After installing Jasmine, a folder called "spec" is automatically created for us. It is here where we write our spec tests.
Writing Specs
Create a spec file "traingle-spec.js" in the "spec" folder.
triangle-tracker/spec/triangle-spec.js
describe('Triangle', function() {
it('should test whether a Triangle has three sides', function() {
//Test content will go here.
});
});
If eslint is used for the project, add the below code so eslint wouldn't throw errors for jasmine (and etc.) syntax.
.eslintrc
...
"env": {
"browser": true,
"jquery": true,
"node": true,
"jasmine": true
},
...
Running npm test will show our test passes. That's because our test doesn't have any expectations yet.
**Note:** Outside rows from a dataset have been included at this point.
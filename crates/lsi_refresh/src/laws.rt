ghost use Rattle.std.specs.Prelude.{ℕ, Ok, ◌<◌, ◌≡◌, ◌≢◌, ◌+◌, ◌++◌, List, [], ◌∷◌, length};
ghost use Rattle.apdu_codec.specs.Command.{Apdu};
ghost use Rattle.apdu_codec.specs.declared.status.TheConstants.Sw.{OK, PROACTIVE};
ghost use Rattle.file_rows.specs.declared.row.FileRow.{FileRow};
ghost use Rattle.lsi_refresh.specs.Announcement.{announced};
ghost use Rattle.lsi_refresh.specs.Fetch.{fetch_row};
ghost use Rattle.lsi_refresh.specs.Lsi.{lsi_of};
ghost use Rattle.lsi_refresh.specs.declared.lsi.Lsi.TheVariants.{Count, Reset};
ghost use Rattle.lsi_refresh.specs.RefreshCommand.{refresh_command, short_object};
ghost use Rattle.lsi_refresh.specs.RefreshState.{ChangesRefreshAlone};
ghost use Rattle.lsi_refresh.specs.TerminalCapability.{terminal_capability_row};
ghost use Rattle.lsi_refresh.specs.TerminalProfile.{terminal_profile_row};
ghost use Rattle.lsi_refresh.specs.TerminalResponse.{terminal_response_row};
ghost use Rattle.uicc_channels.specs.CommandOutcome.{CommandOutcome, refused};
ghost use Rattle.uicc_channels.specs.CommandRow.{decided};
ghost use Rattle.uicc_channels.specs.Session.{Suits};
ghost use Rattle.uicc_channels.specs.declared.session.Refresh.TheVariants.{Announced, Fetched};
ghost use Rattle.uicc_channels.specs.declared.session.Refresh.TheVariants.{Quiet};
ghost use Rattle.uicc_channels.specs.declared.session.Session.{Session};

/// The command that FETCH gives is a REFRESH (ETSI TS 102 223): a proactive command with two data
/// objects, the details of the command, which is number 1, a REFRESH by a reset of the UICC, and
/// its devices, from the UICC to the terminal. `910B` announces its length.
pub fn the_command_fetched_is_a_refresh()
    ensures objects { refresh_command
        ≡ short_object 0xD0 (short_object 0x81 (0x01 ∷ 0x01 ∷ 0x04 ∷ [])
        ++ short_object 0x82 (0x81 ∷ 0x82 ∷ [])) }
    ensures announced { PROACTIVE.0 ≡ 0x9100 + length refresh_command }
{}

/// FETCH is accepted only where a REFRESH was announced, which is then fetched, and TERMINAL
/// RESPONSE only where one was fetched, which then is over. TERMINAL PROFILE and TERMINAL
/// CAPABILITY leave every session as it is.
pub fn refreshes_go_by_fetch_and_terminal_response()
    ensures fetch { (session : Session) (c : Apdu)
        → (decided session (fetch_row session c)).answer.sw ≡ OK
        → (session.refresh ≡ Announced)
        × ((decided session (fetch_row session c)).session.refresh ≡ Fetched) }
    ensures terminal_response { (session : Session) (c : Apdu)
        → (decided session (terminal_response_row session c)).answer.sw ≡ OK
        → (session.refresh ≡ Fetched)
        × ((decided session (terminal_response_row session c)).session.refresh ≡ Quiet) }
    ensures terminal_profile { (session : Session) (c : Apdu)
        → (decided session (terminal_profile_row session c)).session ≡ session }
    ensures terminal_capability { (session : Session) (c : Apdu)
        → (decided session (terminal_capability_row session c)).session ≡ session }
{}

/// Of the session each of these commands changes at most how far the REFRESH has come, and none
/// changes content.
pub fn terminal_commands_change_the_refresh_alone()
    ensures fetch { (session : Session) (c : Apdu)
        → ChangesRefreshAlone session (decided session (fetch_row session c)) }
    ensures terminal_response { (session : Session) (c : Apdu)
        → ChangesRefreshAlone session (decided session (terminal_response_row session c)) }
    ensures terminal_profile { (session : Session) (c : Apdu)
        → ChangesRefreshAlone session (decided session (terminal_profile_row session c)) }
    ensures terminal_capability { (session : Session) (c : Apdu)
        → ChangesRefreshAlone session (decided session (terminal_capability_row session c)) }
{}

/// Where one of these commands is answered with another status word than `9000`, that is the whole
/// answer, and nothing changes.
pub fn refused_terminal_commands_change_nothing()
    ensures fetch { (session : Session) (c : Apdu)
        → (decided session (fetch_row session c)).answer.sw ≢ OK
        → decided session (fetch_row session c)
        ≡ refused session (decided session (fetch_row session c)).answer.sw }
    ensures terminal_response { (session : Session) (c : Apdu)
        → (decided session (terminal_response_row session c)).answer.sw ≢ OK
        → decided session (terminal_response_row session c)
        ≡ refused session (decided session (terminal_response_row session c)).answer.sw }
    ensures terminal_profile { (session : Session) (c : Apdu)
        → (decided session (terminal_profile_row session c)).answer.sw ≢ OK
        → decided session (terminal_profile_row session c)
        ≡ refused session (decided session (terminal_profile_row session c)).answer.sw }
    ensures terminal_capability { (session : Session) (c : Apdu)
        → (decided session (terminal_capability_row session c)).answer.sw ≢ OK
        → decided session (terminal_capability_row session c)
        ≡ refused session (decided session (terminal_capability_row session c)).answer.sw }
{}

/// A session that suits a card's files goes on to suit them after each of these commands, accepted
/// or refused.
pub fn sessions_suit_after_terminal_commands()
    ensures fetch { (session : Session) (rows : List FileRow) (c : Apdu) → Suits session rows
        → Suits (decided session (fetch_row session c)).session rows }
    ensures terminal_response { (session : Session) (rows : List FileRow) (c : Apdu)
        → Suits session rows
        → Suits (decided session (terminal_response_row session c)).session rows }
    ensures terminal_profile { (session : Session) (rows : List FileRow) (c : Apdu)
        → Suits session rows
        → Suits (decided session (terminal_profile_row session c)).session rows }
    ensures terminal_capability { (session : Session) (rows : List FileRow) (c : Apdu)
        → Suits session rows
        → Suits (decided session (terminal_capability_row session c)).session rows }
{}

/// An answer that would end in `9000` ends in `910B` just where a REFRESH waits after its command.
/// Every other answer stays, as that of a refused command and those of FETCH and TERMINAL RESPONSE
/// do. The body of an answer stays, and so does what the command did to session and content.
pub fn announcements_are_of_what_waits()
    ensures waits { (outcome : CommandOutcome) → outcome.session.refresh ≡ Announced
        → outcome.answer.sw ≡ OK → (announced outcome).answer.sw ≡ PROACTIVE }
    ensures none_waits { (outcome : CommandOutcome) → outcome.session.refresh ≢ Announced
        → announced outcome ≡ outcome }
    ensures other { (outcome : CommandOutcome) → outcome.answer.sw ≢ OK
        → announced outcome ≡ outcome }
    ensures fetch { (session : Session) (c : Apdu)
        → announced (decided session (fetch_row session c))
        ≡ decided session (fetch_row session c) }
    ensures terminal_response { (session : Session) (c : Apdu)
        → announced (decided session (terminal_response_row session c))
        ≡ decided session (terminal_response_row session c) }
    ensures body { (outcome : CommandOutcome)
        → (announced outcome).answer.body ≡ outcome.answer.body }
    ensures session { (outcome : CommandOutcome)
        → (announced outcome).session ≡ outcome.session }
    ensures content { (outcome : CommandOutcome)
        → (announced outcome).change ≡ outcome.change }
{}

/// A MANAGE LSI that is taken has class byte `80`: it is a command of no channel but the basic one.
/// It resets the port that P2 names, which is one of the card's; and it asks for the number of
/// ports with P1 and P2 00 alone.
pub fn resets_are_of_ports()
    ensures reset { (c : Apdu) (ports port : ℕ) → lsi_of c ports ≡ Ok (Reset port)
        → (c.channel ≡ 0) × (c.p1 ≡ 0x01) × (c.p2 ≡ port) × (port < ports) × (c.body ≡ []) }
    ensures count { (c : Apdu) (ports : ℕ) → lsi_of c ports ≡ Ok Count
        → (c.channel ≡ 0) × (c.p1 ≡ 0x00) × (c.p2 ≡ 0x00) × (c.body ≡ []) }
{}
triangle-tracker/spec/triangle-spec.js
describe('Triangle', function() {
it('should test whether a Triangle has three sides', function() {
var triangle = new Triangle(3,4,5);
expect(triangle.side1).toEqual(3);
expect(triangle.side2).toEqual(4);
expect(triangle.side3).not.toEqual(6);
});
});
The tests will fail because we need to create a Triangle constructor. In the root folder of the project, create a folder "src" and inside it, a file "triangle.js".
src/triangle.js
export function Triangle(side1, side2, side3) {
this.side1 = side1;
this.side2 = side2;
this.side3 = side3;
}
spec/triangle-spec.js
import { Triangle } from './../src/triangle.js';
...
Run npm test. The spec passes. We write more tests, first to confirm they fail, then to make them pass.
spec/triangle-spec.js
...
describe('Triangle', function() {
...
it('should correctly determine whether three lengths can be made into a triangle', function() {
var notTriangle = new Triangle(3,9,22);
expect(notTriangle.checkType()).toEqual("not a triangle");
});
});
The spec fails as expected. We need to write the method to make it pass.
src/triangle.js
...
Triangle.prototype.checkType = function() {
if ((this.side1 > (this.side2 + this.side3)) || (this.side2 > (this.side1 + this.side3)) || (this.side3 > (this.side1 +
this.side2))) {
return "not a triangle";
}
};
This spec and the previous passed spec should both pass now when we run npm test.
There is much more to testing, but for the sake of brevity, this concludes our walkthrough of test-driven-development using JavaScript and Jasmine.